- EXTRACTED DATA -

= = = = =

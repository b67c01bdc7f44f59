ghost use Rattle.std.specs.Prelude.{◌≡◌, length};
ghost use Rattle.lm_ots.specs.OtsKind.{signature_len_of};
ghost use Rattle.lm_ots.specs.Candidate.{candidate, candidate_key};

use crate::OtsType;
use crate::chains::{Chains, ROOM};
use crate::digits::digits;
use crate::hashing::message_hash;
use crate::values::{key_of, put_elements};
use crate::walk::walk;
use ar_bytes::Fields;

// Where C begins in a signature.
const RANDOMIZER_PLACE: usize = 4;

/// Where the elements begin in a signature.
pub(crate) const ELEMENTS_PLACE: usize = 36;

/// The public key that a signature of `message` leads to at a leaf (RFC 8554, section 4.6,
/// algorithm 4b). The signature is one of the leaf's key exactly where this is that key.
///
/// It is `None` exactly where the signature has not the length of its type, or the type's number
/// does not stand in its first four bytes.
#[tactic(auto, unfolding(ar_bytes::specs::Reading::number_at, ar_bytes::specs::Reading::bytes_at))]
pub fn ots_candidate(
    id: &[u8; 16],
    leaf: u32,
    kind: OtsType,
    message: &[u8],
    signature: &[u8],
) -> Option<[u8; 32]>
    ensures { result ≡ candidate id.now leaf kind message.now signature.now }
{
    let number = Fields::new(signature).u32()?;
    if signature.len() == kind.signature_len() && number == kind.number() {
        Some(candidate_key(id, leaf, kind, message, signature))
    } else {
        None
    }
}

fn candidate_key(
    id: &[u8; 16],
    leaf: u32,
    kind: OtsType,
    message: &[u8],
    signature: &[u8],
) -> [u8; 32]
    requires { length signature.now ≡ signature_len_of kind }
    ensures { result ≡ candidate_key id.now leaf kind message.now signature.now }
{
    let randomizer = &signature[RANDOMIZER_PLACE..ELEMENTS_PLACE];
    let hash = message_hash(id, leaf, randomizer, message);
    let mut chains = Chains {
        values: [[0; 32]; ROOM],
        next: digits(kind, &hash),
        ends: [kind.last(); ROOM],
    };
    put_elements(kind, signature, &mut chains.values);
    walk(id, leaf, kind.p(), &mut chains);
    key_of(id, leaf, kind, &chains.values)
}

= = = = =

- TASK DIRECTIONS -
What's wanted here is every record, retyped exactly as shown above.

- YOUR SOLUTION -
repository b67c01bdc7f44f59
ghost use Rattle.std.specs.Prelude.{◌≡◌, length};
ghost use Rattle.lm_ots.specs.OtsKind.{signature_len_of};
ghost use Rattle.lm_ots.specs.Candidate.{candidate, candidate_key};

use crate::OtsType;
use crate::chains::{Chains, ROOM};
use crate::digits::digits;
use crate::hashing::message_hash;
use crate::values::{key_of, put_elements};
use crate::walk::walk;
use ar_bytes::Fields;

// Where C begins in a signature.
const RANDOMIZER_PLACE: usize = 4;

/// Where the elements begin in a signature.
pub(crate) const ELEMENTS_PLACE: usize = 36;

/// The public key that a signature of `message` leads to at a leaf (RFC 8554, section 4.6,
/// algorithm 4b). The signature is one of the leaf's key exactly where this is that key.
///
/// It is `None` exactly where the signature has not the length of its type, or the type's number
/// does not stand in its first four bytes.
#[tactic(auto, unfolding(ar_bytes::specs::Reading::number_at, ar_bytes::specs::Reading::bytes_at))]
pub fn ots_candidate(
    id: &[u8; 16],
    leaf: u32,
    kind: OtsType,
    message: &[u8],
    signature: &[u8],
) -> Option<[u8; 32]>
    ensures { result ≡ candidate id.now leaf kind message.now signature.now }
{
    let number = Fields::new(signature).u32()?;
    if signature.len() == kind.signature_len() && number == kind.number() {
        Some(candidate_key(id, leaf, kind, message, signature))
    } else {
        None
    }
}

fn candidate_key(
    id: &[u8; 16],
    leaf: u32,
    kind: OtsType,
    message: &[u8],
    signature: &[u8],
) -> [u8; 32]
    requires { length signature.now ≡ signature_len_of kind }
    ensures { result ≡ candidate_key id.now leaf kind message.now signature.now }
{
    let randomizer = &signature[RANDOMIZER_PLACE..ELEMENTS_PLACE];
    let hash = message_hash(id, leaf, randomizer, message);
    let mut chains = Chains {
        values: [[0; 32]; ROOM],
        next: digits(kind, &hash),
        ends: [kind.last(); ROOM],
    };
    put_elements(kind, signature, &mut chains.values);
    walk(id, leaf, kind.p(), &mut chains);
    key_of(id, leaf, kind, &chains.values)
}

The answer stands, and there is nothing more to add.